Interview by Lady M. Bey
Edited and presented by Tim
One of the very best things, one of the things that I enjoy the most, about doing this is that I get to communicate with people from all over the world. It is always a refreshing, and welcome feeling to realise that the modern living Vampire culture, and those whom follow and are interested in it, is global… we get the chance to look over our own back fence, so to speak, and share information both back and forth with like-minded folk from all over.
Our guest of honour this evening is an author, hailing from Sweden and has, since coming to the modern culture in around 2014, produced her first piece of work in the genre, a non-fiction consideration of modern Vampires. Not simply from the point of view of said Vampires but also from the outside perspective of our culture.
Combining reading from both the culture itself as well as from academic publications she has wrought a new volume which aims for a wide perspective of the culture.
It is with the greatest pleasure, and honour, we present an interview with the author, an interview with Lady Cecelia Fredriksson.
RVL: Good afternoon Lady Cecilia it is a great pleasure for us to be able to spend some time with you. I believe this is the first time we have had the pleasure of talking with someone in Sweden?
CF: Thank you for having me, it’s an honour.
RVL: Is the subject of Vampires, in general, a popular one in Sweden?
CF: Yes, especially when it comes to fiction. However, maybe it’s on a downfall if you would to compare it to the “golden era”, when all the Twilight movies and books came out. Then it was truly sparkling!
Spike (James Marsters)
from Buffy the Vampire Slayer television series.
Created by Joss Whedon
Produced by Mutant Enemy, Kuzui Enterprises,
Sandollar Television and
20th Century Fox Television
RVL: …and if we were to press you, taking into account the research for your book, how many real living Vampires would you estimate there could be in Sweden?
CF: During my research for my book, I didn’t encounter any large groups of real vampires in Sweden at all. In fact, it seems to be a very limited number. Of course, we have a few so-called ‘vampire killers’, and there have been some Swedish tv-shows where a self-identified vampire participates and talks about their vampiric way of life. So, it’s a hard question to answer, due to the limited material there is. Also, it’s depending on which kinds of vampires you include. I would say that it´s probably a higher number of psi-feeders than blood drinking vampires.
RVL: …and obviously, judging by the title of your new book, you are aware that there is a large, international, body of those whom identify as ‘Real Modern Vampires, yes? Can you give us an idea of how you came decide to write a book for “Real” Vampires?

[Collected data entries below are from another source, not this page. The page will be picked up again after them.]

// Items that are columns and windows: no expression is evaluated for them.
ghost use Rattle.std.specs.List.{AllByRecursion};
ghost use Rattle.std.specs.Prelude.{◌≡◌, length, map, zip, None, IfErr, IfOk, IfSome, OnOk};
ghost use Rattle.vtl_rows.specs.Tables.{column_kinds};
ghost use Rattle.sql_tree.specs.View.{item_tree};
ghost use Rattle.sql_check_parts.specs.Expressions.{site};
ghost use Rattle.sql_from.specs.Held.{tables_held};
ghost use Rattle.sql_meaning.specs.Outcomes.{row_at};
ghost use Rattle.sql_check_parts.specs.Scopes.{row_of};
ghost use Rattle.sql_meaning.specs.Selects.{item_value, plain_rows};
ghost use Rattle.sql_from.specs.Sources.{scope_held};
ghost use Rattle.sql_from.specs.Standing.{rows_for, sight_of};
ghost use Rattle.sql_meaning.specs.Tables.{RowsFit};
ghost use Rattle.sql_check_laws.specs.Selects.{IsItemTyped};
ghost use Rattle.sql_meaning.specs.Windows.{told_apart};
ghost use Rattle.sql_exec.specs.ItemCells.{values_in};
ghost use Rattle.sql_exec.specs.Outputs.{Adds};
ghost use Rattle.sql_exec.specs.Parts.{MakesKinds};
ghost use Rattle.sql_exec.specs.SimpleItems.{AreSimple, IsSimple};

use crate::gathered::column_place;
use crate::item_cells::ItemCells;
use crate::output::Output;
use sql_eval::Names;
use sql_from::TupleRows;
use sql_tree::{Item, ItemValue, Window};
use sql_window::{TabledRows, window_values};
use std::alloc::{AllocError, Global};
use vtl_cell::Kind;
use vtl_decimal::Profile;
use vtl_scalar::ScalarErr;

/// An item that is no expression to be evaluated.
pub(crate) enum SimpleItem<'s> {
    /// The column at this place of the rows of FROM, whose cells are of the item's kind as they stand.
    Column(usize),
    /// A window.
    Window(&'s Window),
}

// Written out, so that each owner sees one call and not the drop of each part.
impl Drop for SimpleItem<'_> {
    fn drop(self) {
        match self {
            SimpleItem::Column(_) => {}
            SimpleItem::Window(_) => {}
        }
    }
}

// The item, if it is simple.
fn simple_item<'s, N: Names>(names: &N, item: &'s Item, kind: Kind) -> Option<SimpleItem<'s>>
    ensures { IfSome result (IsSimple (N.scope names.now) (item_tree item.now, kind)) }
{
    match &item.value {
        ItemValue::Expr(_) => Some(SimpleItem::Column(column_place(names, item, kind)?)),
        ItemValue::Window(window) => Some(SimpleItem::Window(window)),
    }
}

/// The items, if each is a column whose cells are of the item's kind as they stand, or a window. It fails only if
/// memory runs out.
pub(crate) fn simple_items<'s, N: Names>(
    alloc: Global,
    names: &N,
    items: &'s [Item],
    kinds: &[Kind],
) -> Result<Option<Vec<SimpleItem<'s>>>, AllocError>
    requires { length kinds.now ≡ length items.now }
    ensures { IfOk result (λ found. IfSome found (λ v. AreSimple (N.scope names.now) (zip (map item_tree items.now) kinds.now) v.items)) }
{
    let mut simple = Vec::with_capacity(alloc, items.len())?;
    for i in 0..items.len() {
        let Some(item) = simple_item(names, &items[i], kinds[i]) else {
            return Ok(None);
        };
        simple.push(item)?;
    }
    Ok(Some(simple))
}

// The values of an item at all rows of FROM.
fn cells_of(
    alloc: Global,
    rows: &TabledRows<'_>,
    item: &Item,
    simple: &SimpleItem<'_>,
    kind: Kind,
    p: &Profile,
) -> Result<ItemCells, AllocError>
    requires typed { IsItemTyped (site p.now (tables_held rows.now.rows.now.sources.held) (scope_held rows.now.rows.now.sources.sources)) None (item_tree item.now) }
    requires simple { IsSimple (scope_held rows.now.rows.now.sources.sources) (item_tree item.now, kind) simple.now }
    requires fit { RowsFit (row_of (scope_held rows.now.rows.now.sources.sources)) (rows_for rows.now.rows.now.sources rows.now.rows.now.tuples) }
    ensures { IfOk result (λ x. values_in p.now (rows_for rows.now.rows.now.sources rows.now.rows.now.tuples) x ≡ map (item_value (sight_of p.now rows.now.rows.now.sources) (rows_for rows.now.rows.now.sources rows.now.rows.now.tuples) (item_tree item.now, kind)) (told_apart (rows_for rows.now.rows.now.sources rows.now.rows.now.tuples))) }
{
    match simple {
        SimpleItem::Column(place) => Ok(ItemCells::Own(*place)),
        SimpleItem::Window(window) => Ok(ItemCells::Made {
            values: window_values(alloc, rows, window, p)?.into_iter(),
            kind,
        }),
    }
}

// The values of items at all rows of FROM.
fn item_cells(
    alloc: Global,
    rows: &TabledRows<'_>,
    items: &[Item],
    simple: &[SimpleItem<'_>],
    kinds: &[Kind],
    p: &Profile,
) -> Result<Vec<ItemCells>, AllocError>
    requires typed { AllByRecursion (IsItemTyped (site p.now (tables_held rows.now.rows.now.sources.held) (scope_held rows.now.rows.now.sources.sources)) None) (map item_tree items.now) }
    requires many { length kinds.now ≡ length items.now }
    requires simple { AreSimple (scope_held rows.now.rows.now.sources.sources) (zip (map item_tree items.now) kinds.now) simple.now }
    requires fit { RowsFit (row_of (scope_held rows.now.rows.now.sources.sources)) (rows_for rows.now.rows.now.sources rows.now.rows.now.tuples) }
    ensures { IfOk result (λ v. map (values_in p.now (rows_for rows.now.rows.now.sources rows.now.rows.now.tuples)) v.items ≡ map (λ w. map (item_value (sight_of p.now rows.now.rows.now.sources) (rows_for rows.now.rows.now.sources rows.now.rows.now.tuples) w) (told_apart (rows_for rows.now.rows.now.sources rows.now.rows.now.tuples))) (zip (map item_tree items.now) kinds.now)) }
{
    let mut cells = Vec::with_capacity(alloc, items.len())?;
    for i in 0..items.len() {
        cells.push(cells_of(alloc, rows, &items[i], &simple[i], kinds[i], p)?)?;
    }
    Ok(cells)
}

/// Adds a row of the items, which are simple, for each row of FROM: a cell that stands in the row is copied, and a
/// value of a window is moved.
pub(crate) fn add_simple(
    alloc: Global,
    out: &mut Output,
    items: &[Item],
    simple: &[SimpleItem<'_>],
    rows: &TupleRows<'_>,
    kinds: &[Kind],
    p: &Profile,
) -> Result<(), ScalarErr>
    requires typed { AllByRecursion (IsItemTyped (site p.now (tables_held rows.now.sources.held) (scope_held rows.now.sources.sources)) None) (map item_tree items.now) }
    requires many { length kinds.now ≡ length items.now }
    requires simple { AreSimple (scope_held rows.now.sources.sources) (zip (map item_tree items.now) kinds.now) simple.now }
    requires columns { column_kinds out.old.table.columns ≡ kinds.now }
    requires fit { RowsFit (row_of (scope_held rows.now.sources.sources)) (rows_for rows.now.sources rows.now.tuples) }
    requires fitting { MakesKinds (scope_held rows.now.sources.sources) kinds.now (λ all. row_at (item_value (sight_of p.now rows.now.sources) all) (zip (map item_tree items.now) kinds.now)) }
    ensures adds { OnOk result (Adds (plain_rows (sight_of p.now rows.now.sources) (zip (map item_tree items.now) kinds.now) (rows_for rows.now.sources rows.now.tuples)) out.old out.new) }
    ensures err { IfErr result (λ e. e ≡ ScalarErr.OutOfMemory) }
{
    let tabled = TabledRows::of(alloc, rows)?;
    let mut cells = item_cells(alloc, &tabled, items, simple, kinds, p)?;
    out.table.reserve_rows(tabled.len())?;
    for number in 0..tabled.len() {
        out.add_across(&mut cells, tabled.row(number), p)?;
    }
    Ok(())
}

CF: I’ve always been interested in vampires, ever since I was a child. It all started with me watching the movie Bram Stoker’s Dracula from 1992 when I was around 7 years old. I watched it repeatedly, and I even fantasized about meeting the Count himself in my neighbourhood’s playground. In my fantasy, it would all play out exactly at midnight, by the slide. Then, an adolescence filled with vampire themed sleepovers followed. I used to throw many masquerades for my friends, and we would all dress up like it was Halloween and play games. My favourite one was “En kväll med Bram Stoker’s Dracula”, which translates to “A night with Bram Stoker’s Dracula”. However, it wasn’t until 2014 that I came to know about the subculture with real vampires.
Lady Cecelia Fredriksson
RVL: When did you first begin research for your book? And, what sources have you employed in putting your book together?
CF: It was shortly after I discovered that they existed, which was at the end of 2014. I got really intrigued with the subject and, very soon after, I decided to compile all my research into a book. I’ve been reading A LOT of scientific articles and a countless number of books and testimony’s. Since the start, my ambition has always been to broaden the perspective as much as possible. I didn’t want to explore just ONE angle, I wanted the whole perspective. Therefore, my sources have been everything from scientists exploring the subject from an outside perspective, to actual real vampires who can tell their story from within the community.
RVL: In approaching the subject of your book what was the basic definition of “real vampire” that was uppermost in your mind?
CF: In the beginning, I didn’t really know what to expect. I was deeply interested, and captivated, by the fact that it existed people who thought themselves to be real vampires. In the same time, I probably imagined that these people had to be a bit mental. You see, for me, until this point, the vampire had only been a fictional character – not something consisting of flesh and blood. But, as I went deeper into my investigations, my perception changed.
Img. source: pinterest.com
RVL: Have you had the opportunity to read any of the available non-fiction material that deals with the modern, real vampire community?
CF: Yes, that was a big part of my research material. I’ve devoured scientific articles on the subject, as well as material that originates from the community itself.
RVL: Can you share a little about your own work with us? Without giving anything away of course… Just a little plug for the book, a teaser…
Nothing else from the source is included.